Mezina Anya, Krishnan Arunkumar, Woreta Tinsay A, Rubenstein Kevin B, Watson Eric, Chen Po-Hung, Rodriguez-Watson Carla
Department of Medicine, Johns Hopkins School of Medicine, Baltimore, MD 21287, United States.
Division of Gastroenterology and Hepatology, Johns Hopkins School of Medicine, Baltimore, MD 21231, United States.
World J Clin Cases. 2022 Jun 16;10(17):5566-5576. doi: 10.12998/wjcc.v10.i17.5566.
Liver fibrosis is a common pathway of liver injury and is a feature of most chronic liver diseases. Fibrosis progression varies markedly in patients with hepatitis C virus (HCV). Liver stiffness has been recommended as a parameter of fibrosis progression/regression in patients with HCV.
To investigate changes in liver stiffness measured by transient elastography (TE) in a large, racially diverse cohort of United States patients with chronic hepatitis C (CHC).
We evaluated the differences in liver stiffness between patients treated with direct-acting antiviral (DAA) therapy and untreated patients. Patients had ≥ 2 TE measurements and no prior DAA exposure.

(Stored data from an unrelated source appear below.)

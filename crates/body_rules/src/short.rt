// Bytes that give one byte by themselves, whatever stands behind them.
ghost use Rattle.std.specs.Prelude.{◌≡◌, true};
ghost use Rattle.body_rules.specs.ShortHelpers.{is_short, plain_byte, short_byte, short_mode};
ghost use Rattle.body_rules.specs.Steps.{lettered as lettered_of};

use crate::Mode;

// Whether a byte gives one by itself: in plain mode all but letters and the first byte of pi, in a string all but {.
pub fn is_short(mode: Mode, b: u8) -> bool
    ensures { result ≡ is_short mode b }
{
    match mode {
        Mode::Plain => b != 0xCF && !base_ascii::is_letter(b),
        Mode::String => b != 0x7B,
        Mode::Remark | Mode::Data | Mode::DataQuote => true,
    }
}

// What it gives.
pub fn short_byte(mode: Mode, b: u8) -> u8
    requires { is_short mode b ≡ true }
    ensures { result ≡ short_byte mode b }
{
    match mode {
        Mode::Plain => plain_byte(b),
        Mode::String => lettered(b),
        Mode::Remark => b,
        Mode::Data | Mode::DataQuote => base_ascii::upper(b),
    }
}

// An operator gives its token, ? that of PRINT.
fn plain_byte(b: u8) -> u8
    requires { is_short Mode.Plain b ≡ true }
    ensures { result ≡ plain_byte b }
{
    match b {
        b'+' => 0xAA,
        b'-' => 0xAB,
        b'*' => 0xAC,
        b'/' => 0xAD,
        b'^' => 0xAE,
        b'>' => 0xB1,
        b'=' => 0xB2,
        b'<' => 0xB3,
        b'?' => 0x99,
        _ => b,
    }
}

// a to z become 41 to 5A, A to Z become C1 to DA.
fn lettered(b: u8) -> u8
    ensures { result ≡ lettered_of b }
{
    match b {
        b'a'..=b'z' => b - 32,
        b'A'..=b'Z' => b + 0x80,
        _ => b,
    }
}

// The mode behind it.
pub fn mode_behind(mode: Mode, b: u8) -> Mode
    ensures { result ≡ short_mode mode b }
{
    match (mode, b) {
        (Mode::Plain, b'"') => Mode::String,
        (Mode::String, b'"') => Mode::Plain,
        (Mode::Data, b'"') => Mode::DataQuote,
        (Mode::Data, b':') => Mode::Plain,
        (Mode::DataQuote, b'"') => Mode::Data,
        _ => mode,
    }
}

We used linear regression to measure the change in liver stiffness between first and last TE in response to treatment, controlling for age, sex, race, diabetes, smoking status, human immunodeficiency virus status, baseline alanine aminotransferase, and baseline liver stiffness. Separate regression models analyzed the change in liver stiffness as measured by kPa, stratified by cirrhosis status.
Of 813 patients, 419 (52%) initiated DAA treatment. Baseline liver stiffness was 12 kPa in 127 (16%). Median time between first and last TE was 11.7 and 12.7 mo among treated and untreated patients, respectively. There was no significant change in liver stiffness observed over time in either the group initiating DAA treatment (0.016 kPa/month; CI: -0.051, 0.084) or in the untreated group (0.001 kPa/mo; CI: -0.090, 0.092), controlling for covariates. A higher baseline kPa score was independently associated with decreased liver stiffness.
DAA treatment was not associated with a differential change in liver stiffness over time in patients with CHC compared to untreated patients.
肝纤维化是肝损伤的常见途径,也是大多数慢性肝病的特征。丙型肝炎病毒(HCV)患者的纤维化进展差异显著。肝脏硬度已被推荐作为HCV患者纤维化进展/消退的参数。
在一个种族多样的美国慢性丙型肝炎(CHC)患者大群体中,研究通过瞬时弹性成像(TE)测量的肝脏硬度变化。
我们评估了接受直接抗病毒药物(DAA)治疗的患者与未治疗患者之间肝脏硬度的差异。患者进行了≥2次TE测量且之前未接触过DAA。我们使用线性回归来测量治疗后首次和末次TE之间肝脏硬度的变化,并控制年龄、性别、种族、糖尿病、吸烟状况、人类免疫缺陷病毒状况、基线丙氨酸转氨酶和基线肝脏硬度。单独的回归模型分析了以kPa为单位测量的肝脏硬度变化,并按肝硬化状态分层。
813例患者中,419例(52%)开始接受DAA治疗。127例(16%)患者的基线肝脏硬度为12 kPa。治疗组和未治疗组首次和末次TE之间的中位时间分别为11.7个月和12.7个月。在控制协变量的情况下,接受DAA治疗的组(0.016 kPa/月;可信区间:-0.051,0.084)或未治疗组(0.001 kPa/月;可信区间:-0.090,0.092)中,均未观察到肝脏硬度随时间有显著变化。较高的基线kPa评分与肝脏硬度降低独立相关。
与未治疗的患者相比,CHC患者接受DAA治疗后,肝脏硬度随时间没有差异变化。